Tightening up targeting will remove outdated, irrelevant or too broadly-defined audiences, placements, keywords and other targets. You can then align your targets directly with your best-converting customer segments, informed by performance history and ongoing testing.
Continuous campaign targeting refinement focuses budget on well-defined segments with the highest probability of conversions. This prevents wasted spend from chasing audiences, sites and searches with low relevance.
Dayparting Adjustments
Looking at performance by day of week and hour will identify low-quality periods. Often weekends or late nights see more irrelevant browsing which converts poorly.
Use your account reporting to analyze clicks, spend, conversions, and conversion rate by day and hour. Find underperforming zones with higher than average clicks and spend but lower conversion rates.
For example, if Saturdays cost 20% more per conversion, you could set lower bids and tighter budget rules for ads which display on Saturdays.
Dayparting enables you to optimize your resources for times which drive more qualified traffic and higher converting users. You can then dial back budgets for poor performing days and hours which contribute excessive low-quality clicks and impressions.
You should regularly update your dayparting settings based on the latest performance data from your reports. By continually adjusting for daily and hourly patterns, you can cut budget leaks from low-quality time periods.
Countering the Activities of Bad Actors
Bad actors like click farms and competitors can deliberately drain budgets through generating low-quality clicks.
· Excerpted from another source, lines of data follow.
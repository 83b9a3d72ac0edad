// Parts 1 and 2, and of a register with a range part 4, for the calls that read or write a certificate.
ghost use Rattle.std.specs.Prelude.{◌≡◌};
ghost use Rattle.plan.specs.Chosen.{under};
ghost use Rattle.scheme.specs.Answer.{parts_of};
ghost use Rattle.bound.specs.Opening.{opened_under};

use plan::chosen::under;
use plan::read_plan;
use scheme::{Quadratization, open_parts};
use wire::{Fault, by_itself};

// The same quadratization with the coefficients that a plan chooses.
pub fn quadratization_under(quadratization: &Quadratization, plan: u64) -> Quadratization
    ensures register { result.register ≡ under quadratization.now.register plan }
    ensures scheme { result.scheme ≡ quadratization.now.scheme }
{
    let register = under(quadratization.register, plan);
    let scheme = quadratization.scheme;
    Quadratization { register, scheme }
}

// Each part is a run of bytes by itself. The register has the coefficients that the plan chooses; where no term has a range, the plan's
// bytes are not looked at.
pub fn open_chosen(register: &[u8], scheme: &[u8], plan: &[u8]) -> Result<Quadratization, Fault>
    ensures { parts_of result ≡ opened_under register.now scheme.now plan.now }
{
    let quadratization = open_parts(register, scheme)?;
    if !quadratization.register.has_range() {
        return Ok(quadratization);
    }
    let plan = by_itself(plan, 4, read_plan(plan, quadratization.register))?;
    Ok(quadratization_under(&quadratization, plan))
}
By scanning your IP address reports you can detect suspicious patterns here.
Look for IP addresses associated with repeated single-user actions like searches without conversions. See if any originate from suspicious regions for your business.
If you identify IP blocks generating lots of impressions or clicks without corresponding conversion value, you can then systematically block these low-quality IP addresses via your account exclusions.
For example, a retailer once plugged budget leaks by blocking a single bad actor IP address, responsible for over 35,000 conversions-less clicks per month.
Make weeding out nasty IP addresses part of your regular hygiene system. Continuously scan recent IP histories for evidence of deliberate budget sabotage or waste. By severing access to these through exclusions, you reclaim the budget lost to bad actors.
Ongoing Maintenance
Plugging budget leaks requires diligence over time. By implementing proactive change monitoring, you can catch emerging issues early.
You can review account change history every 2 weeks to identify adjustments preceding performance drops. You should also scan daily for changes made in ad platforms outside your system.
You can set up custom alerts to identify changes in conversion tracking, rapid budget burns and dramatic performance shifts at the campaign and ad group levels. You can also create automatic blocks for common low-quality IPs, suspicious search queries and consistent non-converters.
Make small, iterative changes of this nature consistently to avoid major volatility. Test new targeting cautiously before expanding budget exposure.
Budget leaks can reopen over time, as changes roll out or accounts scale. By maintaining constant vigilance through change monitoring, staged testing and alerts you can prevent new leaks. Ongoing refinement minimizes wasted spend, ensures the scaling budgets driving ROI and generates high-quality clicks and conversions across accounts.
Conclusion
Budget leaks severely hurt performance by wasting crucial spend. Preventing them requires:
- Pinpointing low-quality areas via reports
- Tightening targeting with negatives and exclusions
- Realigning to proven converters
- Change monitoring through alerts
- Incremental testing before committing spend
By taking the actions suggested here, all these steps can be taken. Such ongoing
precision targeting and optimization prevents waste and generates more high-value impressions. This in turn fuels performance momentum through lowering costs and enhancing conversions, and makes accounts sustainable long term.